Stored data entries
/---

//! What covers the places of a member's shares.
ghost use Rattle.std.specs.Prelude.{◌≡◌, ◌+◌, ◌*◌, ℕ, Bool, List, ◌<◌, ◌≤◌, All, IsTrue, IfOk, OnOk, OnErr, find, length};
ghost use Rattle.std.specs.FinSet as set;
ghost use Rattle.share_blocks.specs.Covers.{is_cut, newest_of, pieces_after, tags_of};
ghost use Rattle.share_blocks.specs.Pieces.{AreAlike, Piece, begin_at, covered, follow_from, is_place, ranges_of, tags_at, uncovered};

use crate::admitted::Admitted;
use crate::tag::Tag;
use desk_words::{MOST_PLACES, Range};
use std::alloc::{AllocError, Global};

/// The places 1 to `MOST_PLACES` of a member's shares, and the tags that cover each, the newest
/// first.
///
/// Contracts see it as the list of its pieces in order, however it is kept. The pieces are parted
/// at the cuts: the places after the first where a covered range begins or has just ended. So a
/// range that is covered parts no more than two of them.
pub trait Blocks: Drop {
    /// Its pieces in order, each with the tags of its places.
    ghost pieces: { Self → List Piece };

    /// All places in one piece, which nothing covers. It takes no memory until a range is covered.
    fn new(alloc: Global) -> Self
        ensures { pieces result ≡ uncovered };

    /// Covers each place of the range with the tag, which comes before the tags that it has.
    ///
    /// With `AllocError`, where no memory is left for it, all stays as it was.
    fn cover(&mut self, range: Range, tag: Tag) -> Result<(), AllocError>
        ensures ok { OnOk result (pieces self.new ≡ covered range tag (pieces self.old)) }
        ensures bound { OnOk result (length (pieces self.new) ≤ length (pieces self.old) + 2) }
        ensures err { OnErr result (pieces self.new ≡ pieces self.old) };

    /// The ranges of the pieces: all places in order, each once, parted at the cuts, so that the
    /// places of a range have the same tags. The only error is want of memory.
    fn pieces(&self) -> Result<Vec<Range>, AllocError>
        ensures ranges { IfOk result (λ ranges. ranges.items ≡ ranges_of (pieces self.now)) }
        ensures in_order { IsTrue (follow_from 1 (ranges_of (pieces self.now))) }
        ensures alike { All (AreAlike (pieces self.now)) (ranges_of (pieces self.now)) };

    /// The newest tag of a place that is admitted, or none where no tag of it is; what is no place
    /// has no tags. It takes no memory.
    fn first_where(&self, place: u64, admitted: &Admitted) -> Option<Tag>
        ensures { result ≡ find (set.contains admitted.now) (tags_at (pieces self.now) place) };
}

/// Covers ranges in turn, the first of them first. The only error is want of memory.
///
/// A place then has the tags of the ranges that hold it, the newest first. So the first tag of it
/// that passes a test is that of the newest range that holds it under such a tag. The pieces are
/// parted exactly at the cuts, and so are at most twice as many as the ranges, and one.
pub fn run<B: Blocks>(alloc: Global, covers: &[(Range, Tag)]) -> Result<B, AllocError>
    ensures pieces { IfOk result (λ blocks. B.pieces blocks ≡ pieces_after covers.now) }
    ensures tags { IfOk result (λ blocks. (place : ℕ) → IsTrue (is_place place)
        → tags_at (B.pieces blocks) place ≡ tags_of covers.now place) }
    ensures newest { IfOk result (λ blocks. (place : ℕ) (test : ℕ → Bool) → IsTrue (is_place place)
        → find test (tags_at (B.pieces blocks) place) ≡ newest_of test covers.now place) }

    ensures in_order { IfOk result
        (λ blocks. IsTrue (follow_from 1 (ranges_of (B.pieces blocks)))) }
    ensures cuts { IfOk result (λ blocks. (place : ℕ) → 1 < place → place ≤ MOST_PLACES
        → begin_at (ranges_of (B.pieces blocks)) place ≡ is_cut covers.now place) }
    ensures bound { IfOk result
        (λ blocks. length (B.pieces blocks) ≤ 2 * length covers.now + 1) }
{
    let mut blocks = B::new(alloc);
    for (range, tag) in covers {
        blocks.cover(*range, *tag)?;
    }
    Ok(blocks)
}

\---

§ **Work to complete**: Sift through the entries and copy every line with "that".

§ **Exercise response**:
/// The places 1 to `MOST_PLACES` of a member's shares, and the tags that cover each, the newest
/// range that is covered parts no more than two of them.
    /// Covers each place of the range with the tag, which comes before the tags that it has.
    /// The ranges of the pieces: all places in order, each once, parted at the cuts, so that the
    /// The newest tag of a place that is admitted, or none where no tag of it is; what is no place
/// A place then has the tags of the ranges that hold it, the newest first. So the first tag of it
/// that passes a test is that of the newest range that holds it under such a tag. The pieces are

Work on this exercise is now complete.